Frederick Law Olmsted (April 26, 1822 – August 28, 1903) was an American journalist, landscape designer and father of American landscape architecture, famous for designing many well-known urban parks, including Central Park and Prospect Park in New York City. Other projects include the country's oldest coordinated system of public parks and parkways in Buffalo, New York; the country's oldest state park, the Niagara Reservation in Niagara Falls, New York; Mount Royal Park in Montreal in Canada; the Emerald Necklace in Boston, Massachusetts; the Belle Isle Park, in Detroit, Michigan; the Presque Isle Park in Marquette, Michigan; the Grand Necklace of Parks in Milwaukee, Wisconsin; the Cherokee Park and entire parks and parkway system in Louisville, Kentucky; the Marquette Park in Chicago; Jackson Park, Washington Park, and the Midway Plaisance in Chicago for the World's Columbian Exposition; the south portion of Chicago's Boulevard ring (its 'emerald necklace'); the landscape surrounding the United States Capitol building; George Washington Vanderbilt II's Biltmore Estate in Asheville; and Montebello Park in St. Catharines, Ontario, Canada.

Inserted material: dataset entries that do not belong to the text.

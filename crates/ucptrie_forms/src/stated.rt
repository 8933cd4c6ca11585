//! The null value and the error value of a table, stated in comments among its rows.
ghost use Rattle.std.specs.Prelude.{◌≡◌, ◌^◌, ◌<◌, ◌++◌, ℕ, List, Some, IfOk, codes, string_bytes};
ghost use Rattle.icu_zerovec.specs.CodePoints.{code_point_limit};
ghost use Rattle.icu_trie_core.specs.Runs.{Run, AreMaximalRuns};
ghost use Rattle.icu_trie_core.specs.ValueNumbers.{fitting};
ghost use Rattle.icu_trie.specs.Ranges.{answers, IsCoherentTrie};
ghost use Rattle.ucptab_table.specs.TableText.{runs_text};
ghost use Rattle.ucptrie_forms.specs.Stated.{number_after, stated, stating_line, stating_lines, StatesValues};

use icu_trie::cptrie::CodePointTrie;
use std::alloc::{AllocError, Global};
use ucd_files::names::short_decimal;
use ucptab_table::input::first_line;
use ucptab_table::text::ranges_text;

/// The values that comments among rows state. A value is `None` if no comment states it.
#[derive(Clone, Copy, Debug, PartialEq, Eq)]
pub struct StatedValues {
    /// The null value.
    pub null: Option<u32>,
    /// The value of each number above 0x10FFFF.
    pub error: Option<u32>,
}

/// Returns the number after a mark at the start of a line, in 1 to 10 decimal digits and of at most
/// 32 bits, or `None` for any other line.
#[tactic(auto, unfolding(crate::specs::Stated::number_after))]
fn number_after(mark: &[u8], line: &[u8]) -> Option<u32>
    ensures { result ≡ number_after mark.now line.now }
{
    short_decimal(line.strip_prefix(mark)?)
}

/// Returns the values that comments among rows state: the null value by `# null value: N`, and the
/// error value by `# error value: N`, with N in 1 to 10 decimal digits and of at most 32 bits. The
/// first comment that states a value counts.
pub fn stated_values(rows: &[u8]) -> StatedValues
    ensures null { result.null ≡ stated (codes "null value") rows.now }
    ensures error { result.error ≡ stated (codes "error value") rows.now }
{
    let mut null = None;
    let mut error = None;
    let mut rest = rows;
    while let Some((line, after)) = first_line(rest) {
        null = null.or(number_after(b"# null value: ".as_slice(), line));
        error = error.or(number_after(b"# error value: ".as_slice(), line));
        rest = after;
    }
    StatedValues { null, error }
}

/// Appends the comment that states a number under a name.
fn push_stating_line(text: &mut String, name: &str, number: u32) -> Result<(), AllocError>
    ensures line { IfOk result (λ _. string_bytes text.new
        ≡ string_bytes text.old ++ stating_line name.now number) }
    ensures below { number < 2 ^ 32 }
{
    writeln!(text, "# {name}: {number}")
}

/// Returns the comments that state the null value and the error value of a trie.
fn stating_text(alloc: Global, trie: &CodePointTrie<'_, u32>) -> Result<String, AllocError>
    ensures lines { IfOk result (λ text. string_bytes text ≡ stating_lines trie.now) }
    ensures stated { IfOk result (λ text. (rest : List ℕ)
        → StatesValues trie.now (string_bytes text ++ rest)) }
{
    let (header, _, _) = trie.parts();
    let mut text = String::new(alloc);
    push_stating_line(&mut text, "null value", header.null_value)?;
    push_stating_line(&mut text, "error value", trie.error_value())?;
    Ok(text)
}

/// Returns the rows of a trie, one for each of its ranges, after the comments that state its null
/// value and its error value.
pub(crate) fn rows_text(alloc: Global, trie: &CodePointTrie<'_, u32>) -> Result<String, AllocError>
    ensures rows { IsCoherentTrie (fitting (2 ^ 32)) trie.now → (value : ℕ → ℕ)
        → ((u : ℕ) → u < code_point_limit → answers trie.now u ≡ Some (value u))
        → IfOk result (λ text. (runs : List (Run ℕ)) × (AreMaximalRuns value runs
        × (string_bytes text ≡ stating_lines trie.now ++ runs_text runs))) }
    ensures stated { IfOk result (λ text. StatesValues trie.now (string_bytes text)) }
{
    let mut text = stating_text(alloc, trie)?;
    let ranges = ranges_text(alloc, trie)?;
    text.push_str(&ranges)?;
    Ok(text)
}
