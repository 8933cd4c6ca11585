//! A table as source in Rust.
ghost use Rattle.std.specs.Prelude.{◌≡◌, ◌++◌, IfOk, OnOk, string_bytes};
ghost use Rattle.ucptrie_forms.specs.TableSource.{rust_data, rust_head, rust_index, rust_text};

use crate::cells::{push_data, push_index};
use crate::header::{push_sizes, type_code};
use std::alloc::{AllocError, Global};
use ucptab_table::pattern::Number::{Decimal, Hexadecimal};
use ucptab_table::pattern::push_pattern;
use ucptrie_tables::source::index1_offset;
use ucptrie_tables::table::Table;

/// The end of the data, and the look-up, by the three stages of the format.
const LOOK_UP: &str = "
    ];

    fn index(place: u32) -> u32 {
        u32::from(INDEX[place as usize])
    }

    /// The value of `c`, and the error value above 0x10FFFF.
    pub fn get(c: u32) -> Value {
        if c < FAST_LIMIT {
            return DATA[(index(c >> 6) + (c & 63)) as usize];
        }
        if c > 0x10ffff {
            return DATA[DATA.len() - 1];
        }
        if c >= HIGH_START {
            return DATA[DATA.len() - 2];
        }
        let part = (c >> 4) & 31;
        let block = index(index((c >> 14) + INDEX1) + ((c >> 9) & 31));
        let start = if block < 0x8000 {
            index(block + part)
        } else {
            // Eight offsets of 18 bits have nine cells, the first one for their upper bits.
            let (cell, part) = ((block & 0x7fff) + part / 8 * 9, part & 7);
            ((index(cell) << (2 + 2 * part)) & 0x30000) | index(cell + 1 + part)
        };
        DATA[(start + (c & 15)) as usize]
    }
}
";

/// The head of the module, with the header field by field.
const HEAD: &str = "\
#[allow(dead_code, non_snake_case, clippy::module_inception)]
pub mod @ {
    pub type Value = u%;

    pub const TRIE_TYPE: u8 = %;
    pub const HIGH_START: u32 = %;
    pub const SHIFTED12_HIGH_START: u16 = %;
    pub const INDEX3_NULL_OFFSET: u16 = %;
    pub const DATA_NULL_OFFSET: u32 = %;
    pub const NULL_VALUE: u32 = %;
    const FAST_LIMIT: u32 = %;
    const INDEX1: u32 = %;

";

/// Appends the head of the module.
fn push_head(text: &mut String, table: &Table, name: &str) -> Result<(), AllocError>
    ensures { OnOk result (string_bytes text.new
        ≡ string_bytes text.old ++ rust_head name.now table.now) }
{
    let (header, _, _) = table.trie.parts();
    let numbers = [
        Decimal(table.width.bits() as usize),
        Decimal(type_code(header.trie_type) as usize),
        Hexadecimal(header.high_start),
        Hexadecimal(header.shifted12_high_start as u32),
        Hexadecimal(header.index3_null_offset as u32),
        Hexadecimal(header.data_null_offset),
        Hexadecimal(header.null_value),
        Hexadecimal(header.trie_type.fast_limit()),
        Decimal(index1_offset(header.trie_type) as usize),
    ];
    push_pattern(text, HEAD, name, &numbers)
}

/// Appends the array of the index, up to the end of its cells.
fn push_index_array(text: &mut String, table: &Table) -> Result<(), AllocError>
    ensures { OnOk result (string_bytes text.new
        ≡ string_bytes text.old ++ rust_index table.now) }
{
    let (_, index, _) = table.trie.parts();
    let front = "    #[rustfmt::skip]\n    pub static INDEX: [u16; %] = [\n";
    push_pattern(text, front, "", &[Decimal(index.len())])?;
    push_index(text, table, "")
}

/// Appends the array of the data, up to the end of its cells.
fn push_data_array(text: &mut String, table: &Table) -> Result<(), AllocError>
    ensures { OnOk result (string_bytes text.new
        ≡ string_bytes text.old ++ rust_data table.now) }
{
    let (_, _, values) = table.trie.parts();
    let front = "\n    ];\n\n    #[rustfmt::skip]\n    pub static DATA: [Value; %] = [\n";
    push_pattern(text, front, "", &[Decimal(values.len())])?;
    push_data(text, table, "")
}

/// The table in Rust: a module with the header, the two arrays and a look-up over them.
pub(crate) fn rust_text(alloc: Global, table: &Table, name: &str) -> Result<String, AllocError>
    ensures { IfOk result (λ text. string_bytes text ≡ rust_text name.now table.now) }
{
    let mut text = String::new(alloc);
    push_sizes(&mut text, table)?;
    push_head(&mut text, table, name)?;
    push_index_array(&mut text, table)?;
    push_data_array(&mut text, table)?;
    text.push_str(LOOK_UP)?;
    Ok(text)
}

Olmsted was born in Hartford, Connecticut in 1822. His father, John Olmsted, a prosperous merchant, took a lively interest in nature, people, and places, which was inherited by both Frederick Law and his younger brother, John Hull. His mother, Charlotte Law (Hull) Olmsted, died when he was scarcely four years old.
His father remarried in 1827 to Mary Ann Bull, who shared her husband's strong love of nature and had perhaps a more cultivated taste. When the young Olmsted was almost ready to enter Yale College, as a graduate of Phillips Academy in 1838, sumac poisoning weakened his eyes and he gave up college plans. After working as a seaman, merchant, and journalist, in January 1848 Olmsted settled on a farm on the south shore of Staten Island which his father helped him acquire.
This farm, originally named the Akerly Homestead, was renamed Tosomock Farm by Olmsted. It was later renamed "The Woods of Arden" by owner Erastus Wiman. (The house in which Olmsted lived still stands today at 4515 Hylan Blvd, near Woods of Arden Road.) Olmsted had a significant career in journalism.
In 1850, he traveled to England to visit public gardens, where he was greatly impressed by Joseph Paxton's Birkenhead Park. He subsequently wrote and published Walks and Talks of an American Farmer in England in 1852. This supported his getting additional work.